• **Task requirements**
Please give the number of lines in the entries below that hold "index", with no other words.

————

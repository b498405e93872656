//! Sizes of types, and what a signature says of positions.

ghost use Rattle.std.specs.Prelude.{◌≡◌, ◌<◌, ◌≤◌, ◌^◌, length, IfSome, IfNone};
ghost use Rattle.std.specs.List.{All};
ghost use Rattle.type_trees.specs.Ty as ty;
ghost use Rattle.type_table.specs.Trees.{parts};
ghost use Rattle.type_table.specs.View.{IsTable, tree_of, trees_of};
ghost use Rattle.libfunc_registry.specs.Data.{part_at};
ghost use Rattle.libfunc_registry.specs.Wanted.{IsBelow, HasPart, IsPlaced};
ghost use Rattle.cost_table.specs.Fits.{IsSignature};
ghost use Rattle.cost_table.specs.Results.{cells_of};

use libfunc_registry::Sig;
use type_table::{TypeId, Types};

/// More cells than any memory has; with fewer, no offset passes 64 bits.
const TOO_MANY: u64 = 1 << 62;

/// Tells proofs that a signature's positions are those of declared types and functions; it does nothing when it runs.
pub(crate) fn placed(types: &Types, sig: &Sig)
    requires { IsSignature types.now sig.now }
    ensures table { IsTable types.now }
    ensures placed { IsPlaced types.now sig.now.libfunc }
{
    let _count = types.len();
}

/// The number of cells of a value.
pub(crate) fn size(types: &Types, t: TypeId) -> u32
    requires { IsBelow types.now t }
    ensures size { result ≡ ty.size (tree_of types.now t.0) }
    ensures few { result ≤ 2 ^ 14 }
{
    let _count = types.len();
    types.info(t).size
}

/// The number of cells of a variant of an enum, by its index.
pub(crate) fn part_size(types: &Types, t: TypeId, index: usize) -> u32
    requires { HasPart types.now t index }
    ensures size { result ≡ ty.size (part_at (tree_of types.now t.0) index) }
    ensures few { result ≤ 2 ^ 14 }
{
    size(types, types.members(t)[index])
}

/// The number of variants of an enum.
pub(crate) fn part_count(types: &Types, t: TypeId) -> u32
    requires { IsBelow types.now t }
    ensures count { result ≡ length (parts (tree_of types.now t.0)) }
    ensures few { result ≤ 2 ^ 24 }
{
    types.members(t).len() as u32
}

/// The number of cells that values of these types take together, if it is below `2^62`.
pub fn cells_of(types: &Types, list: &[TypeId]) -> Option<u64>
    requires { All (IsBelow types.now) list.now }
    ensures few { IfSome result (λ cells. (cells ≡ cells_of (trees_of types.now list.now)) × (cells < 2 ^ 62)) }
    ensures many { IfNone result (2 ^ 62 ≤ cells_of (trees_of types.now list.now)) }
{
    let mut cells: u64 = 0;
    for t in list {
        if cells >= TOO_MANY {
            return None;
        }
        cells += u64::from(size(types, *t));
    }
    (cells < TOO_MANY).then_some(cells)
}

————

• **Output of the task**
5